Enjoy your new gun it'll get the job done. I use a bow too but towards the end of the season when the tag is still in my pocket throwing some lead at one seems to ease the painGood-luck!


----------



## SPITFIRE (Feb 10, 2005)

Sweet gun and with you packing that,remind me to never piss you off :lol:.


----------



## QDMAMAN (Dec 8, 2004)

Wowza! It's a nice one.

Big T


----------



## BAMBAM18 (Mar 12, 2008)

Very nice good luck!!!


----------



## unregistered55 (Mar 12, 2000)

SPITFIRE said:


> Sweet gun and with you packing that,remind me to never piss you off :lol:.

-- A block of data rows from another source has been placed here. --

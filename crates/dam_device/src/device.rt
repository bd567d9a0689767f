//! A reader and a writer that keep whether they failed, over ones that count their calls, so that contracts can say
//! both. The wrapped device is reached only through `read`, `write` and `flush`, and none of them may come after
//! a failure.
ghost use Rattle.std.specs.Prelude.{◌≡◌, ◌<◌, ◌≤◌, ◌+◌, true, false, length, MatchResult, IfOk, IfErr, OnOk};
ghost use Rattle.std.specs.Io.KnownBytes.{Appends, ReadConsumes, WriteAppends, Keeps};
ghost use Rattle.dam_device.specs.Device.{IsFlushedOnce, TakesFront, one_more};

use crate::counted::{CountedReader, CountedWriter};
use std::io::{Read, Write};
use std::marker::Model;

/// The most bytes that a program asks a [`Source`] for at a time: the length of its buffer.
pub const CHUNK: usize = 65_536;

/// A device refused.
#[derive(Clone, Copy, PartialEq, Eq, Debug)]
pub struct DeviceFailed;

/// A writer refused after it had taken this many bytes of a text: all of them, if it failed to flush them.
#[derive(Clone, Copy, PartialEq, Eq, Debug)]
pub struct WriteFailed {
    pub written: usize,
}

/// A reader, of which contracts also say how often it was asked and whether it failed.
///
/// It serves any number of runs until it fails. After that it isn't asked again: a further run needs a new `Source`.
#[derive(Drop)]
pub struct Source<R: Read> {
    reader: CountedReader<R>,
    failed: bool,
}

impl<R: Read> Model for Source<R> {
    ghost use Rattle.dam_device.specs.Device.{SourceState};

    ghost Value = { SourceState R };

    ghost view = { λ s. record {
      inner = s.reader.inner;
      unread = s.reader.unread;
      asked = s.reader.asked;
      failed = s.failed;
    } };
}

impl<R: Read> Source<R> {
    /// A reader that wasn't asked yet.
    pub fn new(inner: R) -> Source<R>
        ensures { result ≡ record {
          inner = inner;
          unread = R.remaining inner;
          asked = 0;
          failed = false;
        } }
    {
        Source {
            reader: CountedReader::new(inner),
            failed: false,
        }
    }

    /// How often it was asked. The count stays at `u64::MAX`.
    pub fn asked(&self) -> u64
        ensures { result ≡ self.now.asked }
    {
        self.reader.asked()
    }

    /// One read. Any error is a failure, one that asks to try again too.
    pub fn read(&mut self, buf: &mut [u8]) -> Result<usize, DeviceFailed>
        requires { self.old.failed ≡ false }
        ensures bound { IfOk result (λ count. count ≤ length buf.new) }
        ensures room { length buf.new ≡ length buf.old }
        ensures bytes { ReadConsumes self.old.unread self.new.unread result buf.new }
        ensures asked { self.new.asked ≡ one_more self.old.asked }
        ensures cause { MatchResult result
            (λ _. self.new.failed ≡ false)
            (λ _. self.new.failed ≡ true) }
    {
        match self.reader.read(buf) {
            Ok(count) => Ok(count),
            Err(_) => {
                self.failed = true;
                Err(DeviceFailed)
            }
        }
    }
}

/// A writer, of which contracts also say how often it was asked and flushed, whether it failed, and whether it was
/// flushed after all that it took.
///
/// It serves any number of runs until it fails. After that it isn't asked again: a further run needs a new `Sink`.
#[derive(Drop)]
pub struct Sink<W: Write> {
    writer: CountedWriter<W>,
    failed: bool,
    flushed: bool,
}

impl<W: Write> Model for Sink<W> {
    ghost use Rattle.dam_device.specs.Device.{SinkState};

    ghost Value = { SinkState W };

    ghost view = { λ s. record {
      inner = s.writer.inner;
      taken = s.writer.taken;
      asked = s.writer.asked;
      flushes = s.writer.flushes;
      failed = s.failed;
      flushed = s.flushed;
    } };
}

impl<W: Write> Sink<W> {
    /// A writer that wasn't asked yet.
    pub fn new(inner: W) -> Sink<W>
        ensures { result ≡ record {
          inner = inner;
          taken = W.contents inner;
          asked = 0;
          flushes = 0;
          failed = false;
          flushed = false;
        } }
    {
        Sink {
            writer: CountedWriter::new(inner),
            failed: false,
            flushed: false,
        }
    }

    /// One write. Any error is a failure, and so is an answer that no byte was taken.
    pub fn write(&mut self, buf: &[u8]) -> Result<usize, DeviceFailed>
        requires unfailed { self.old.failed ≡ false }
        requires some { 0 < length buf.now }
        ensures bound { IfOk result (λ count. (0 < count) × (count ≤ length buf.now)) }
        ensures bytes { WriteAppends self.old.taken self.new.taken result buf.now }
        ensures asked { self.new.asked ≡ one_more self.old.asked }
        ensures flushes { self.new.flushes ≡ self.old.flushes }
        ensures flushed { self.new.flushed ≡ false }
        ensures cause { MatchResult result
            (λ _. self.new.failed ≡ false)
            (λ _. self.new.failed ≡ true) }
    {
        self.flushed = false;
        match self.writer.write(buf) {
            Ok(0) | Err(_) => {
                self.failed = true;
                Err(DeviceFailed)
            }
            Ok(count) => Ok(count),
        }
    }

    /// One flush: the writer passes on the bytes that it has buffered.
    pub fn flush(&mut self) -> Result<(), DeviceFailed>
        requires { self.old.failed ≡ false }
        ensures bytes { Keeps self.old.taken self.new.taken }
        ensures asked { self.new.asked ≡ self.old.asked }
        ensures flushes { self.new.flushes ≡ one_more self.old.flushes }
        ensures cause { MatchResult result
            (λ _. self.new.failed ≡ false)
            (λ _. self.new.failed ≡ true) }
        ensures flushed { OnOk result (self.new.flushed ≡ true) }
    {
        self.flushed = false;
        if self.writer.flush().is_err() {
            self.failed = true;
            return Err(DeviceFailed);
        }
        self.flushed = true;
        Ok(())
    }

    /// Writes the text, and flushes the writer once after its last byte.
    ///
    /// The first failure of the writer ends it. The writer is asked at most once for each byte of the text.
    pub fn write_text(&mut self, text: &[u8]) -> Result<(), WriteFailed>
        requires { self.old.failed ≡ false }
        ensures done { OnOk result (Appends self.old.taken self.new.taken text.now) }
        ensures fault { IfErr result (λ fault.
            TakesFront self.old.taken self.new.taken fault.written text.now) }
        ensures cause { MatchResult result
            (λ _. self.new.failed ≡ false)
            (λ _. self.new.failed ≡ true) }
        ensures flushed { OnOk result (IsFlushedOnce self.old self.new) }
        ensures flushes { self.new.flushes ≤ self.old.flushes + 1 }
        ensures asked { self.new.asked ≤ self.old.asked + length text.now }
    {
        let mut written = 0;
        while written < text.len() {
            match self.write(&text[written..]) {
                Err(_) => return Err(WriteFailed { written }),
                Ok(count) => written += count,
            }
        }
        if self.flush().is_err() {
            return Err(WriteFailed { written });
        }
        Ok(())
    }
}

:lol: :lol: :lol: :lol: Yep, just don't cross the Eaton County line and we'll be fine!! :lol 



QDMAMAN said:


> Wowza! It's a nice one.
> Big T


Thanks Tony! I am STILL waiting for Aaron to pipe in and comment on how it is HIS gun, not mine!! :lol: :lol: Bet ya he didn't think he would one day be fighting over a GUN with his wife!! :yikes: :lol:


----------



## NEMichsportsman (Jul 3, 2001)

Very nice!


----------



## TommyB (Nov 15, 2007)

That is one fine looking shotgun!!


----------



## Zarathustra (Oct 5, 2005)

Sweet! Looks like a good option for turkeys and coyotes.


----------



## Four Seasons (Dec 22, 2008)

Congrats on the new set-up! Hope it serves you well this Spring!

-FS


----------



## 3fingervic (Jan 28, 2009)

Nice rig, what loads you using in that bad boy?


----------



## chef daddy (Dec 28, 2007)

nice real nice,, iam jealous!!!  he is the man.


----------



## unregistered55 (Mar 12, 2000)

Thanks for all the comments guys! 



3fingervic said:


> Nice rig, what loads you using in that bad boy?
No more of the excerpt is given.